We often see an independent industry survey with approximately 3,000 respondents saying they are generally satisfied with their HOA. But where did that mailing list of respondents come from? Was it from the organization itself? Many have asked - yet nobody knows.
We villainize those “annoying homeowners” who are converging on legislators, joining anti-HOA groups, and cheering for $100 fine restrictions - they continue to be dismissed as grinders, complainers, and people who should have read their documents before they bought - yet their measurable numbers are nearly 1,000,000 and far exceed 3,000 happy homeowners.
When a homeowner fails to put their trash can away, they are fined and told they should have read their documents. Yet board members receive the same governing documents, and have an entire industry built around helping them understand those documents - and when they underfund reserves, defer maintenance, or make poor financial decisions, there is often little accountability unless someone has the time and money to sue.
If it is really as simple as “read your documents,” then why does an entire industry exist around HOAs? It should be simple, right?
Everyone is focused on their individual piece of the system, while very few step back and ask what happens when all of these decisions scale across more than 75 million Americans living in HOA communities.
From inside the vacuum, each decision can look reasonable. From above, it looks like a system eating itself. And I do not speak out about this just to create tension.
I speak out because I still believe there is time to stop the train wreck - but not if everyone keeps defending their individual piece of the system while pretending the whole thing is not shaking underneath us.
This does not get fixed by one board, one manager, one attorney, one legislator, one homeowner, or one industry organization acting alone.
It gets fixed when the people who helped build, manage, profit from, legislate, defend, and live inside this system are willing to stand up to the power players and sit down at the same table and tell the truth about what is actually happening. And maybe part of the reason this is so hard for people to see is that the industry is so fragmented.
One association at a time. One board at a time. One special assessment at a time. One foreclosure at a time. One management company acquisition at a time.

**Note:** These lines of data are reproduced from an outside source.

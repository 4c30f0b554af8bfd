//! The names of a function's labels and values.

ghost use Rattle.std.specs.Prelude.{◌≡◌, IfOk, OnOk, OnErr, [], List};
ghost use Rattle.text_reader.specs.Locals.{place_of, with_name};

use indexmap::IndexSet;
use ir_base::{Data, Items, Name, ValueId};
use std::alloc::{AllocError, Global};
use std::marker::Model;

/// The names of a function's labels and values, each once, in the order of their first occurrence.
#[derive(Drop)]
pub struct Locals {
    names: IndexSet<Name>,
}

impl Model for Locals {
    ghost use Rattle.std.specs.Prelude.{List};
    ghost use Rattle.ir_base.specs.declared.name.Name.{Name};

    ghost Value = { List Name };

    ghost view = { λ a. a.names.keys };
}

impl Locals {
    /// No names.
    pub fn new(alloc: Global) -> Self
        ensures { result ≡ [] }
    {
        Locals {
            names: IndexSet::new(alloc),
        }
    }

    /// The position of a name, which is added where it is new.
    pub fn place(&mut self, name: Name) -> Result<ValueId, AllocError>
        ensures place { IfOk result (λ i. i ≡ place_of self.old name) }
        ensures kept { OnOk result (self.new ≡ with_name self.old name) }
        ensures err { OnErr result (self.new ≡ self.old) }
    {
        let (index, _) = self.names.insert_full(name)?;
        Ok(index)
    }

    /// The names as a list.
    pub fn to_items(&self, alloc: Global) -> Result<Items<Name>, AllocError>
        ensures { IfOk result (λ all. all ≡ self.now) }
    {
        let mut all = Items::new(alloc);
        for name in self.names.iter() {
            all.push(name.copied(alloc)?)?;
        }
        Ok(all)
    }
}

From the ground, it looks isolated - but from above it looks like an industry eating itself - ouroboros.
Maybe people do see it and simply do not care because private equity, consolidation, vertical integration, vendor networks, collection pipelines, and crisis-driven legislation have created the next monetary feeding frenzy, and their smoke and mirrors have our focus elsewhere. But we all know how private equity infusion ends - with a small minority profiting while the rest are left devastated. To think we will be different is simply foolish. Nobody seems to want to say that part out loud. But if we want any chance at stopping this, we must start with the truth.

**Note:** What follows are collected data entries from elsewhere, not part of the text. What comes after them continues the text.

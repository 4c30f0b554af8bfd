//! What is noted beside locals.

ghost use Rattle.std.specs.Prelude.{◌≡◌, ◌==◌, ◌≤◌, ℕ, IfOk, OnErr, OnOk, None, Some, if◌then◌else◌};
ghost use Rattle.ir_locals.specs.Tables.{noted, or_first, room};

use ir_base::{Items, ValueId};
use std::alloc::{AllocError, Global};

/// What is noted beside the locals of a function, the first beside each.
#[derive(Drop)]
pub struct LocalTable<T> {
    slots: Items<Option<T>>,
}

impl<T: Copy> LocalTable<T> {
    /// Nothing is noted, and there is room for so many names.
    pub fn new(alloc: Global, names: usize) -> Result<LocalTable<T>, AllocError>
        ensures empty { IfOk result (λ t. (n : ℕ) → noted t n ≡ None) }
        ensures room { IfOk result (λ t. room t ≡ names) }
    {
        let mut slots = Items::new(alloc);
        for _at in 0..names {
            slots.push(None)?;
        }
        Ok(LocalTable { slots })
    }

    /// What is noted beside a local.
    pub fn get(&self, local: ValueId) -> Option<T>
        ensures { result ≡ noted self.now local }
    {
        match self.slots.get(local) {
            None => None,
            Some(slot) => *slot,
        }
    }

    /// Notes a value beside a local, where nothing is noted. There is no room for one that is beyond the names.
    pub fn note(&mut self, local: ValueId, value: T) -> Result<(), AllocError>
        ensures noted { OnOk result ((n : ℕ) → noted self.new n ≡ or_first (noted self.old n) (if local == n then Some value else None)) }
        ensures beyond { OnErr result (room self.old ≤ local) }
        ensures kept { room self.new ≡ room self.old }
    {
        if local >= self.slots.len() {
            return Err(AllocError);
        }
        if self.get(local).is_none() {
            self.slots.set(local, Some(value));
        }
        Ok(())
    }
}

Stop pretending this is only about bad homeowners, bad boards, or bad managers.
Stop pretending that much of our advocacy is not geared, and driven by industry partner interests.
Require real reserve funding conversations.
Follow the money in vendor relationships.
Bring homeowners, boards, managers, attorneys, legislators, lenders, insurers, developers, and industry organizations to the same table.
Stop measuring success by appearances while communities are rotting financially underneath.
And begin looking at nationwide legislation and accountability instead of continuing with a piecemeal framework of chaos.
Lastly, lobby for and support a full investigation into the new HOA management company extraction model, including pay-to-play alliances, insurance commission sharing, cash payments disguised as earned banking credits, and the ways in which these systems have emerged and financially harmed community associations through layered extraction.
If these practices are serious enough to investigate in industries like healthcare and pharmacy chains such as CVS, then why would HOAs, where millions of Americans are financially captive inside mandatory associations, be exempt from the same scrutiny?